H. pylori possède une autre protéine VacA associé à la formation d'ulcères. Cette protéine a un

mécanisme par lequel H. pylori peut accéder à des nutriments qui seraient autrement indisponibles (Chmiela and Kupcinskas 2019). Le VacA est libéré à l'extérieur de la bactérie puis se lie à la membrane externe d'une cellule de l'estomac : il forme soit des pores à travers lesquels les nutriments peuvent fuir, soit de grandes structures en forme de vacuoles à l'intérieur de la cellule.

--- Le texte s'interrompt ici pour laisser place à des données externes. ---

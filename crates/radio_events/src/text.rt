//! What the server answers a command, and one who wants to be shown something of the station.

ghost use Rattle.std.specs.Prelude.{◌≡◌, IsOk, IfOk};
ghost use Rattle.radio_events.specs.Texts.{IsShort};
ghost use Rattle.radio_events.specs.declared.text.ReplyText.{ReplyText as TextOf};

use crate::OutOfMemory;
use bytes::Bytes;
use radio_values::AllowedOrigin;

/// What the server answers a command that it has done, or one who is shown something of the station.
#[derive(Drop)]
pub enum ReplyText {
    /// That the command was done.
    Done,
    /// How many listeners went to another mount.
    Moved(u64),
    /// How many listeners have finished by it.
    Ended(u64),
    /// A listing, in JSON (RFC 8259).
    Json(Bytes),
    /// The names of the mounts that a relay may pull, with CR LF behind each.
    Streams(Bytes),
    /// What everybody may see of the station, in JSON.
    Public {
        bytes: Bytes,
        /// Whose pages may read it, where the settings say it.
        allow_origin: Option<AllowedOrigin>,
    },
    /// The page of what is on air.
    Page {
        /// Whose pages may read it, where the settings say it.
        allow_origin: Option<AllowedOrigin>,
    },
}

impl ReplyText {
    /// An equal text. `OutOfMemory` if memory was refused.
    pub fn again(&self) -> Result<ReplyText, OutOfMemory>
        ensures value { IfOk result (λ text. text ≡ self.now) }
        // of one that is no listing it is never refused
        ensures frees { IsShort self.now → IsOk result }
    {
        match self {
            ReplyText::Done => Ok(ReplyText::Done),
            ReplyText::Moved(count) => Ok(ReplyText::Moved(*count)),
            ReplyText::Ended(count) => Ok(ReplyText::Ended(*count)),
            ReplyText::Json(bytes) => Ok(ReplyText::Json(bytes.clone()?)),
            ReplyText::Streams(bytes) => Ok(ReplyText::Streams(bytes.clone()?)),
            ReplyText::Public {
                bytes,
                allow_origin,
            } => public_again(bytes, allow_origin),
            ReplyText::Page { allow_origin } => Ok(ReplyText::Page {
                allow_origin: allow_origin.clone()?,
            }),
        }
    }
}

/// An equal text for everybody. `OutOfMemory` if memory was refused.
fn public_again(
    bytes: &Bytes,
    allow_origin: &Option<AllowedOrigin>,
) -> Result<ReplyText, OutOfMemory>
    ensures { IfOk result (λ text. text ≡ TextOf.Public bytes.now allow_origin.now) }
{
    Ok(ReplyText::Public {
        bytes: bytes.clone()?,
        allow_origin: allow_origin.clone()?,
    })
}
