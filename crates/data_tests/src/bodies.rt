//! Feeds behind the end of a body, and behind a fault, which the server never makes. What bodies bring is in the
//! end-to-end scripts.

use radio_blocks::Block;
use radio_source::{Blocks, Body, BodyFault, OutOfMemory};
use std::alloc::Global;

/// What one feed is to answer: data and whether the end came, or a fault.
#[derive(Clone, Copy)]
enum Answer {
    Brings(&'static [u8], bool),
    Refuses(BodyFault),
}

use Answer::{Brings, Refuses};

/// A kind of body.
#[derive(Clone, Copy)]
enum Kind {
    Sized(u64),
    Chunked,
}

type Feeds = &'static [(&'static [u8], Answer)];

/// Bodies, each with its feeds and their answers.
const FED: &[(Kind, Feeds)] = &[
    (
        Kind::Sized(3),
        &[
            (b"abcd", Brings(b"abc", true)),
            (b"", Refuses(BodyFault::PastEnd)),
            (b"", Refuses(BodyFault::Failed)),
            (b"e", Refuses(BodyFault::Failed)),
        ],
    ),
    (
        Kind::Sized(2),
        &[
            (b"a", Brings(b"a", false)),
            (b"b", Brings(b"b", true)),
            (b"", Brings(b"", false)),
            (b"c", Refuses(BodyFault::PastEnd)),
            (b"", Refuses(BodyFault::Failed)),
        ],
    ),
    (
        Kind::Sized(0),
        &[
            (b"a", Brings(b"", true)),
            (b"", Refuses(BodyFault::PastEnd)),
        ],
    ),
    (
        Kind::Sized(0),
        &[(b"", Brings(b"", true)), (b"", Brings(b"", false))],
    ),
    (
        Kind::Chunked,
        &[
            (b"1\r\na\r\n0\r\n\r\n0", Brings(b"a", true)),
            (b"", Refuses(BodyFault::PastEnd)),
        ],
    ),
    (
        Kind::Chunked,
        &[
            (b"2\r\nabX", Brings(b"ab", false)),
            (b"\r\n0\r\n\r\n", Refuses(BodyFault::BadChunk)),
            (b"", Refuses(BodyFault::Failed)),
        ],
    ),
];

/// Joins blocks to what came before.
fn gather(blocks: &[Block], sound: &mut Vec<u8>) -> Result<(), OutOfMemory> {
    for block in blocks {
        sound.extend_from_slice(block.as_bytes())?;
    }
    Ok(())
}

/// Whether a feed gives the answer.
fn answers(alloc: Global, body: &mut Body, piece: &[u8], answer: Answer) -> bool {
    match body.feed(piece) {
        Ok(blocks) => are_brought(alloc, &blocks, answer),
        Err(fault) => match answer {
            Brings(..) => false,
            Refuses(wanted) => fault == wanted,
        },
    }
}

/// Whether the answer brings these blocks.
fn are_brought(alloc: Global, blocks: &Blocks, answer: Answer) -> bool {
    match answer {
        Brings(wanted, is_complete) => {
            blocks.is_complete == is_complete && is_sound(alloc, blocks.blocks.as_slice(), wanted)
        }
        Refuses(_) => false,
    }
}

/// Whether the data of these blocks are that.
fn is_sound(alloc: Global, blocks: &[Block], wanted: &[u8]) -> bool {
    let mut sound = Vec::new(alloc);
    gather(blocks, &mut sound).is_ok() && sound.as_slice() == wanted
}

/// Whether each feed of a body gives its answer.
fn all_answer(alloc: Global, kind: Kind, feeds: Feeds) -> bool {
    let mut body = match kind {
        Kind::Sized(size) => Body::sized(alloc, size),
        Kind::Chunked => Body::chunked(alloc),
    };
    for (piece, answer) in feeds {
        if !answers(alloc, &mut body, piece, *answer) {
            return false;
        }
    }
    true
}

// rule: Place of a fault; Feed
#[test]
fn feeds(rt: HostRuntime) {
    for (kind, feeds) in FED {
        assert!(rt; all_answer(rt.alloc(), *kind, feeds));
    }
}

Ces vacuoles peuvent également contenir un certain nombre de substances utiles pour la bactérie, telles que des protéines, des polysaccharides, des ions et des sels. VacA peut également former des vacuoles à l'intérieur de la mitochondrie : VacA s'insère dans la membrane mitochondriale, ce qui provoque le déversement du contenu de la mitochondrie et la destruction de la cellule (McClain, Beckett et al. 2017). Cette destruction cellulaire alerte le système immunitaire et des messagers chimiques, appelés cytokines, produits par des cellules infectées et entraîne une infiltration de cellules immunitaires dans le tissu provoquant une inflammation appelée gastrite(Blaser, Backert et al. 2019).